For each formula, know:
what each symbol means
when to apply it
how to substitute values carefully
what the output shape or answer represents

1. Artificial Neuron #

Weighted Sum ☆ #

\[ z = \sum_{i=1}^{n} w_i x_i + b \]

Vector form:

\[ z = w^T x + b \]

Activation #

\[ \hat{y}=f(z) \]

2. Regression with Single Neuron #

Linear Prediction ☆ #

\[ \hat{y}=w^T x \]

Mean Squared Error #

\[ J(w)=\frac{1}{N}\sum_{i=1}^{N}\frac{1}{2}(w^T x^{(i)}-y^{(i)})^2 \]

Gradient of Squared Error #

\[ \nabla J(w)=\frac{1}{N}X^T(Xw-y) \]

Gradient Descent Update #

\[ w^{(t+1)}=w^{(t)}-\eta \nabla J(w^{(t)}) \]

3. Binary Classification #

Sigmoid ☆ #

\[ \sigma(z)=\frac{1}{1+e^{-z}} \]

Sigmoid Derivative #

\[ \sigma'(z)=\sigma(z)(1-\sigma(z)) \]

Prediction Rule #

\[ \hat{y} = \begin{cases}1, & \sigma(z) \ge 0.5 \\ 0, & \sigma(z) < 0.5\end{cases} \]

Binary Cross-Entropy #

\[ \ell(\hat{y},y)= -y\log(\hat{y})-(1-y)\log(1-\hat{y}) \]

4. Multi-Class Classification #

Softmax ☆ #

\[ \hat{y}_k = \frac{e^{z_k}}{\sum_{j=1}^{K}e^{z_j}} \]

Categorical Cross-Entropy #

\[ \ell(\hat{y},y)= -\sum_{k=1}^{K} y_k \log(\hat{y}_k) \]

Useful Shortcut #

For softmax with cross-entropy:

\[ \frac{\partial \ell}{\partial z_k}=\hat{y}_k-y_k \]

5. DFNN / MLP Shapes #

Layer-wise Computation ☆ #

For layer \( l \) :

\[ z^{(l)} = h^{(l-1)}W^{(l)} + b^{(l)} \] \[ h^{(l)} = \sigma^{(l)}(z^{(l)}) \]

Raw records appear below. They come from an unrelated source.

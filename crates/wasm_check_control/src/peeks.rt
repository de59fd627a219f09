ghost use Rattle.std.specs.Prelude.{◌≡◌, ◌∷◌, [], Some, IsTrue, is_some, length, replicate};
ghost use Rattle.wasm_typing.specs.Types.{Stack};
ghost use Rattle.wasm_typing.specs.Matching.{TypeOrder};
ghost use Rattle.wasm_typing.specs.Checking.{pop, all_match};
ghost use Rattle.wasm_check_control.specs.Environment.{stack_of};
ghost use Rattle.wasm_check_control.specs.Segments.{innermost};
ghost use Rattle.wasm_check_control.specs.State.{Answers, results_of, taken};
ghost use Rattle.wasm_check_control.specs.Switches.{fits};

use crate::context::ModuleContext;
use crate::control::Control;
use crate::operands::Operands;
use crate::value_matches::matches;
use wasm_below::ValType;
use wasm_typing::ValueType;

/// Returns whether each type matches its counterpart. Specification: Matching, Result Types.
pub fn all_match<M: ModuleContext>(context: &M, types: &[ValType], wanted: &[ValType]) -> bool
    ensures { result ≡ all_match (M.environment context.now).order (stack_of types.now) (stack_of wanted.now) }
{
    if types.len() != wanted.len() {
        return false;
    }
    for i in 0..types.len() {
        let index = types.len() - 1 - i;
        let ty = ValueType::new(types[index]);
        let other = ValueType::new(wanted[index]);
        if !matches(context, ty, other) {
            return false;
        }
    }
    true
}

/// Returns whether operands of these types are on top of the innermost segment. In unreachable code,
/// any are below it.
fn has_all<M: ModuleContext>(
    context: &M,
    operands: &Operands,
    unreachable: bool,
    types: &[ValType],
) -> bool
    ensures { result ≡ is_some (pop (M.environment context.now).order (stack_of types.now) (innermost operands.now) unreachable) }
{
    for i in 0..types.len() {
        let index = types.len() - 1 - i;
        let Some(found) = operands.peek(i) else {
            return unreachable;
        };
        if !matches(context, found, ValueType::new(types[index])) {
            return false;
        }
    }
    true
}

fn has_one<M: ModuleContext>(
    context: &M,
    operands: &Operands,
    unreachable: bool,
    ty: ValueType,
) -> bool
    ensures { result ≡ is_some (pop (M.environment context.now).order (ty ∷ []) (innermost operands.now) unreachable) }
{
    match operands.peek(0) {
        Some(found) => matches(context, found, ty),
        None => unreachable,
    }
}

/// Returns whether an operand of the type `one`, or with `None`, operands of the types `many` are on
/// top of the innermost segment.
fn has_results<M: ModuleContext>(
    context: &M,
    operands: &Operands,
    unreachable: bool,
    one: Option<ValueType>,
    many: &[ValType],
) -> bool
    ensures { result ≡ is_some (pop (M.environment context.now).order (results_of one many.now) (innermost operands.now) unreachable) }
{
    match one {
        Some(ty) => has_one(context, operands, unreachable, ty),
        None => has_all(context, operands, unreachable, many),
    }
}

/// Returns the number of types: one if there is `one`, otherwise the number of `many`.
pub fn count_of(one: Option<ValueType>, many: &[ValType]) -> usize
    ensures { result ≡ length (results_of one many.now) }
{
    match one {
        Some(_) => 1,
        None => many.len(),
    }
}

/// Tests of operands that stay on the stack.
impl<'m> Control<'m> {
    fn has<M: ModuleContext>(&self, context: &M, one: Option<ValueType>, many: &[ValType]) -> bool
        ensures { result ≡ is_some (taken (M.environment context.now).order (results_of one many.now) self.now) }
    {
        let Some(frame) = self.current else {
            return false;
        };
        has_results(context, &self.operands, frame.unreachable, one, many)
    }

    /// Returns whether these are `count` types, and the frame has operands of them on top.
    pub fn fits<M: ModuleContext>(
        &self,
        context: &M,
        one: Option<ValueType>,
        many: &[ValType],
        count: usize,
    ) -> bool
        ensures { result ≡ fits (M.environment context.now).order (results_of one many.now) self.now count }
    {
        if count_of(one, many) != count {
            return false;
        }
        self.has(context, one, many)
    }

    /// Returns whether code is unreachable and the frame has no operand. Then it has any operands.
    fn has_any(&self) -> bool
        ensures { IsTrue result → (O : TypeOrder) (s : Stack) → taken O s self.now ≡ Some self.now }
    {
        let Some(frame) = self.current else {
            return false;
        };
        if !frame.unreachable {
            return false;
        }
        self.operands.is_empty()
    }

    /// Takes so many operands of this type. In unreachable code, it stops when no operand is left.
    pub fn expect_many<M: ModuleContext>(&mut self, context: &M, ty: ValueType, count: u32) -> bool
        ensures { Answers result (taken (M.environment context.now).order (replicate count ty) self.old) self.new }
    {
        if self.is_closed() {
            return false;
        }
        for i in 0..count {
            if self.has_any() {
                return true;
            }
            if !self.expect(context, ty) {
                return false;
            }
        }
        true
    }
}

Parameter Count for Dense Layer ☆ #

If input units are \( n_{in} \) and output units are \( n_{out} \) :

\[ \text{Parameters}=n_{in}n_{out}+n_{out} \]

6. CNN Output Size #

Convolution Output Size ☆ #

For input size \( N \) , kernel size \( K \) , padding \( P \) , and stride \( S \) :

\[ O = \left\lfloor \frac{N-K+2P}{S} \right\rfloor + 1 \]

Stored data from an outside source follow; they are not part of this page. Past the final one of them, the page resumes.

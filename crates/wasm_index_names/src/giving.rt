//! The items that give names.
ghost use Rattle.std.specs.Prelude.{◌≡◌, ◌++◌, IfOk, OnOk, codes};
ghost use Rattle.wasm_index_names.specs.Giving.{names_thing, names_exported, names_local, names_locals, names_imported};

use crate::items::{Gives, give_items};
use crate::list::NameList;
use crate::locals::{FunctionLocals, LocalLists};
use std::alloc::{AllocError, Global};
use std::marker::Model;
use wasm_externals::{Export, ExternalKind, Import, TypeRef};
use wasm_names::{IndirectNaming, Naming};

impl<'a> Gives<'a, NameList> for Naming<'a> {
    ghost gives = { names_thing };

    fn give(self, alloc: Global, state: &mut NameList) -> Result<(), AllocError> {
        state.set(alloc, self.index, self.name.as_str().as_bytes())
    }
}

impl<'a> Gives<'a, NameList> for Export<'a> {
    ghost gives = { names_exported };

    fn give(self, alloc: Global, state: &mut NameList) -> Result<(), AllocError> {
        match self.kind {
            ExternalKind::Global => state.set(alloc, self.index, self.name.as_str().as_bytes()),
            _ => Ok(()),
        }
    }
}

impl<'a> Gives<'a, FunctionLocals> for Naming<'a> {
    ghost gives = { names_local };

    fn give(self, alloc: Global, state: &mut FunctionLocals) -> Result<(), AllocError> {
        state.add(alloc, self.index, self.name.as_str().as_bytes())
    }
}

impl<'a> Gives<'a, LocalLists> for IndirectNaming<'a> {
    ghost gives = { names_locals };

    fn give(self, alloc: Global, state: &mut LocalLists) -> Result<(), AllocError> {
        let mut locals = FunctionLocals::new(alloc);
        give_items(alloc, self.names, &mut locals)?;
        state.set(alloc, self.index, locals)
    }
}

/// The names of a module's things, but its functions, that are given so far.
#[derive(Drop)]
pub struct GivenNames {
    pub types: NameList,
    pub tables: NameList,
    pub globals: NameList,
    pub tags: NameList,
    pub segments: NameList,
    pub locals: LocalLists,
}

impl Model for GivenNames {
    ghost use Rattle.wasm_index_names.specs.Giving as giving;

    ghost Value = { giving.GivenNames };

    ghost view = { λ g. record {
      types = g.types;
      tables = g.tables;
      globals = g.globals;
      tags = g.tags;
      segments = g.segments;
      locals = g.locals;
    } };
}

/// Returns an import's name: its module's name, a point, and its own.
fn import_name(alloc: Global, module: &str, name: &str) -> Result<Vec<u8>, AllocError>
    ensures { IfOk result (λ bytes. bytes.items ≡ module.now ++ (codes "." ++ name.now)) }
{
    let mut bytes = Vec::new(alloc);
    bytes.extend_from_slice(module.as_bytes())?;
    bytes.push(b'.')?;
    bytes.extend_from_slice(name.as_bytes())?;
    Ok(bytes)
}

impl<'a> Gives<'a, GivenNames> for Import<'a> {
    ghost gives = { names_imported };

    fn give(self, alloc: Global, state: &mut GivenNames) -> Result<(), AllocError> {
        let name = import_name(alloc, self.module.as_str(), self.name.as_str())?;
        match self.ty {
            TypeRef::Table(_) => state.tables.import(alloc, name.as_slice()),
            TypeRef::Global(_) => state.globals.import(alloc, name.as_slice()),
            TypeRef::Tag(_) => state.tags.import(alloc, name.as_slice()),
            _ => Ok(()),
        }
    }
}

For height and width separately:

\[ H_{out}=\left\lfloor \frac{H-K_h+2P_h}{S_h} \right\rfloor + 1 \] \[ W_{out}=\left\lfloor \frac{W-K_w+2P_w}{S_w} \right\rfloor + 1 \]

Same Padding for Odd Kernel #

For stride 1 and odd kernel size:

\[ P = \frac{K-1}{2} \]

7. CNN Parameter Count #

Convolution Layer Parameters ☆ #

For kernel size \( K_h \times K_w \) , input channels \( C_{in} \) , and output channels \( C_{out} \) :

\[ \text{Parameters}=(K_hK_wC_{in}+1)C_{out} \]

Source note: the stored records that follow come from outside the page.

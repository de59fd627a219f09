//! The sections that give names.
ghost use Rattle.std.specs.Prelude.{OnOk};
ghost use Rattle.wasm_index_names.specs.Sections.{GivesSection, GivesSections};

use crate::giving::GivenNames;
use crate::items::give_counted;
use crate::list::NameList;
use crate::subsections::give_custom;
use std::alloc::{AllocError, Global};
use wasm_below::BinaryReader;
use wasm_externals::{Export, Import};
use wasm_module::{function_laws, read_section};

/// Gives the names of the section with this id.
fn give_section(
    alloc: Global,
    id: u8,
    contents: BinaryReader<'_>,
    given: &mut GivenNames,
) -> Result<(), AllocError>
    ensures { OnOk result (GivesSection id contents.entry given.old given.new) }
{
    match id {
        0 => give_custom(alloc, contents, given),
        2 => give_counted::<GivenNames, Import<'_>>(alloc, contents, given),
        7 => give_counted::<NameList, Export<'_>>(alloc, contents, &mut given.globals),
        _ => Ok(()),
    }
}

/// Gives the names of all sections, or of those before the first that is in error.
pub fn give_sections(
    alloc: Global,
    sections: BinaryReader<'_>,
    given: &mut GivenNames,
) -> Result<(), AllocError>
    ensures { OnOk result (GivesSections sections.entry given.old given.new) }
{
    function_laws::next_section();
    let mut reader = sections;
    'sections: while !reader.eof() {
        let section = match read_section(&mut reader) {
            Ok(section) => section,
            Err(_) => return Ok(()),
        };
        if let Err(e) = give_section(alloc, section.id(), section.contents(), given) {
            return Err(e);
        }
    }
    Ok(())
}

The +1 represents one bias per filter.

1 by 1 Convolution Parameters #

\[ \text{Parameters}=(1 \times 1 \times C_{in}+1)C_{out} \]

8. Pooling Output Size #

Pooling uses the same spatial size formula as convolution.

\[ O = \left\lfloor \frac{N-K+2P}{S} \right\rfloor + 1 \]

Pooling usually has no learnable parameters.

9. Dilated Convolution #

Effective Kernel Size ☆ #

For kernel size \( K \) and dilation \( D \) :

\[ K_{eff}=K+(K-1)(D-1) \]

Then use \( K_{eff} \) in the output-size formula.

10. RNN #

Hidden State Update ☆ #

\[ h_t=\phi(W_{hh}h_{t-1}+W_{xh}x_t+b_h) \]

Output #

\[ o_t=W_{ho}h_t+b_o \]

11. LSTM / GRU Concepts #

For LSTM, remember:

Gate	Purpose
Forget gate	what to remove from memory
Input gate	what new information to store
Candidate memory	proposed new content
Output gate	what to expose as hidden state

For GRU, remember:

Gate	Purpose
Reset gate	how much past to forget while forming candidate
Update gate	how much old hidden state to keep
Candidate hidden state	proposed new hidden representation

12. Attention #

Attention Weighted Sum ☆ #

\[ \text{Attention}(q,K,V)=\sum_{i=1}^{n}\alpha_i v_i \]

Attention Weights #

\[ \alpha_i = \frac{\exp(\text{score}(q,k_i))}{\sum_{j=1}^{n}\exp(\text{score}(q,k_j))} \]

Scaled Dot-Product Attention ☆ #

\[ \text{Attention}(Q,K,V)=\text{softmax}\left(\frac{QK^T}{\sqrt{d_k}}\right)V \]

13. Transformer #

Positional Encoding ☆ #

\[ PE(pos,2i)=\sin\left(\frac{pos}{10000^{2i/d_{model}}}\right) \] \[ PE(pos,2i+1)=\cos\left(\frac{pos}{10000^{2i/d_{model}}}\right) \]

Transformer Input #

\[ X = \text{Embedding}(tokens) + PE(positions) \]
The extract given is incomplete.